See source below or on GitHub.

Saturday, May 6, 2017

Compiling Nvidia 340.102 driver for Linux 4.10.x kernel

Upgraded my Tumbleweed to kernel 4.10.x and Nvidia 340 driver won't build.  Until Nvidia fix it, here are steps to patch the 340.102 driver to make it works.

Download the 340.102 driver from Nvidia:
http://www.nvidia.ca/object/unix.html

Unpack the driver:
./NVIDIA-Linux-x86_64-340.102.run -x

Apply patch for kernel 4.9.x:
https://pkgs.rpmfusion.org/cgit/nonfree/nvidia-340xx-kmod.git/tree/4.9.0_kernel.patch

Apply patch for kernel 4.10.x:
https://raw.githubusercontent.com/MilhouseVH/LibreELEC.tv/8d3956f72d79ea3648b19f4c705a38307bb03efb/packages/x11/driver/xf86-video-nvidia-legacy/patches/xf86-video-nvidia-legacy-kernel-4.10.patch

Proceed to install. Note that the unified memory module can't be built with this patch, so we are disabling it:
sudo ./nvidia-installer --no-unified-memory



Sunday, January 8, 2017

Face recognition with OpenCV 3.x

Here is another experiment with OpenCV face detection and recognition.  Full source code is available on GitHub.
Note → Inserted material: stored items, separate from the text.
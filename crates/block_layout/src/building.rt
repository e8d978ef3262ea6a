ghost use Rattle.std.specs.Prelude.{◌≡◌, List, map, Some, IfOk};
ghost use Rattle.stl_ast.specs.declared.blocks.Block.{Block};
ghost use Rattle.block_layout.specs.Before.{IsBefore};
ghost use Rattle.block_layout.specs.Facts.{AreFacts, AreFactsOf, outline_of};
ghost use Rattle.block_layout.specs.Layouts.{block_layout, is_broken, layouts_by};
ghost use Rattle.block_layout.specs.Lengths.{shape_of};

use crate::blocks::BlockLayout;
use crate::breaches::{BlocksBefore, is_broken, nothing_before, with_block};
use crate::cycles::{cycles, flag_at};
use crate::declarations::number_at;
use crate::lengths::{all_lengths, local_lens, shape_of};
use crate::outlines::Outline;
use crate::types::{Types, id_of};
use std::alloc::{AllocError, Global};
use stl_ast::Block;

/// What is found of each block before the blocks are laid out: whether it is a data type that
/// contains itself, the length of its local data, and that of its structure.
#[derive(Drop)]
pub(crate) struct Facts {
    pub(crate) in_itself: Vec<bool>,
    pub(crate) local_lens: Vec<u64>,
    pub(crate) lengths: Vec<u64>,
}

/// What is found of the blocks, by their declarations.
pub(crate) fn facts_of(
    alloc: Global,
    types: &Types,
    blocks: &[Block],
    outlines: &[Outline],
) -> Result<Facts, AllocError>
    requires { outlines.now ≡ map (outline_of types.now) blocks.now }
    ensures { IfOk result (λ f. AreFacts types.now blocks.now f) }
{
    Ok(Facts {
        in_itself: cycles(alloc, types, blocks)?,
        local_lens: local_lens(alloc, types, blocks, outlines)?,
        lengths: all_lengths(alloc, types, blocks, outlines)?,
    })
}

/// The layout of a block with these declarations: `in_itself` says that it is a data type that
/// contains itself, `local` is the length of its local data and `len` that of its structure.
#[tactic(auto, unfolding(crate::specs::Layouts::block_layout))]
fn block_layout(
    types: &Types,
    before: BlocksBefore,
    block: &Block,
    outline: Outline,
    in_itself: bool,
    local: u64,
    len: u64,
) -> BlockLayout
    ensures { (blocks some : List Block) → outline ≡ outline_of types.now block.now
        → AreFactsOf types.now blocks some block.now in_itself local len
        → IsBefore types.now blocks some before
        → result ≡ block_layout types.now blocks some block.now }
{
    let broken = is_broken(types, before, block, in_itself, local, len);
    let Outline { components, temps } = outline;
    BlockLayout {
        id: id_of(types.symbols, block),
        broken,
        shape: shape_of(types, block),
        components,
        temps,
        local_len: local,
        length: len,
    }
}

/// The layouts of the blocks, by their declarations and by what was found of them.
#[tactic(auto, unfolding(crate::specs::Layouts::layouts_by))]
pub(crate) fn layouts_by(
    alloc: Global,
    types: &Types,
    blocks: &[Block],
    outlines: Vec<Outline>,
    facts: &Facts,
) -> Result<Vec<BlockLayout>, AllocError>
    requires outlines { outlines.items ≡ map (outline_of types.now) blocks.now }
    requires facts { AreFacts types.now blocks.now facts.now }
    ensures { IfOk result (λ v. v.items ≡ layouts_by types.now blocks.now) }
{
    let mut layouts = Vec::with_capacity(alloc, blocks.len())?;
    let mut before = nothing_before();
    for outline in outlines {
        let place = layouts.len();
        let block = &blocks[place];
        let in_itself = flag_at(&facts.in_itself, place);
        let local = number_at(&facts.local_lens, place);
        let len = number_at(&facts.lengths, place);
        let layout = block_layout(types, before, block, outline, in_itself, local, len);
        layouts.push(layout)?;
        before = with_block(before, block, len);
    }
    Ok(layouts)
}
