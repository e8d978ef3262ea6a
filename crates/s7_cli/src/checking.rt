ghost use Rattle.std.specs.Prelude.{ℕ, List, Option, Some};
ghost use Rattle.std.specs.Option.{option_map};
ghost use Rattle.plc_io.specs.Moments.{FilesAt};
ghost use Rattle.s7_cli.specs.Command.{Check};
ghost use Rattle.s7_cli.specs.Ends.{EndsWithStatus, sink_moments};
ghost use Rattle.s7_cli.specs.Inner.{ComesBeforeLine, CommandComesTo};
ghost use Rattle.s7_cli.specs.Reading.{disk_moments};
ghost use Rattle.s7_cli.specs.StatusTable.{StatusTable};
ghost use Rattle.s7_cli.specs.Texts.{AreFilesWithinLimits, file_contents_of};

use crate::command_checks::check_program;
use crate::failures::{ExitStatus, Failure};
use crate::files::{ProgramText, read_program};
use crate::finish::{OK_LINE, end_command, write_text};
use plc_io::{Files, Sink};
use std::alloc::Global;

/// Checks a source with its symbols, and writes `OK`.
fn check_text<K: Sink>(
    alloc: Global,
    text: &ProgramText,
    german: bool,
    out: &mut K,
) -> Result<(), Failure>
    requires { AreFilesWithinLimits text.now }
    ensures { let took = sink_moments (K.shown out.old) (K.shown out.new) in
        (src : List ℕ) (symbols : Option (List ℕ)) (at : FilesAt)
        → CommandComesTo (Check src symbols german) (file_contents_of text.now)
        (disk_moments at at) took result }
{
    check_program(alloc, text, german)?;
    write_text(out, OK_LINE)
}

/// Reads a source with its symbols, checks it, and writes `OK`.
fn check<F: Files, K: Sink>(
    alloc: Global,
    src: &str,
    symbols: Option<&str>,
    german: bool,
    files: &mut F,
    out: &mut K,
) -> Result<(), Failure>
    ensures { let files_went = disk_moments (F.shown files.old) (F.shown files.new) in
        ComesBeforeLine (Some (Check src.now (option_map (λ s. s.now) symbols.entry) german))
        files_went (sink_moments (K.shown out.old) (K.shown out.new)) result }
{
    let text = read_program(alloc, files, src, symbols)?;
    check_text(alloc, &text, german, out)
}

/// Checks the source in the file `src`, with the symbols in the file `symbols` if there is one,
/// both of which are German where `german` says so, and writes `OK`, or the line of a refusal.
pub fn cmd_check<F: Files, K: Sink>(
    alloc: Global,
    src: &str,
    symbols: Option<&str>,
    german: bool,
    files: &mut F,
    out: &mut K,
) -> ExitStatus
    ensures ends { let went = disk_moments (F.shown files.old) (F.shown files.new) in
        EndsWithStatus (Some (Check src.now (option_map (λ s. s.now) symbols.entry) german)) went
        (sink_moments (K.shown out.old) (K.shown out.new)) result.code }
    ensures table { let went = disk_moments (F.shown files.old) (F.shown files.new) in
        let took = sink_moments (K.shown out.old) (K.shown out.new) in
        StatusTable (Some (Check src.now (option_map (λ s. s.now) symbols.entry) german)) went took
        result.code }
{
    let came = check(alloc, src, symbols, german, files, out);
    end_command(out, came)
}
The picture below is the recognition program running on my Windows laptop and the webcam is feeding live images to the program. My phone is in front of the webcam showing a photo.

The face recognizer was trained with ~10 photos each for Obama, Trump, and Trudeau that I found on internet.

To increase the accuracy, a simple transformation step was added to level the face images when training the recognizer.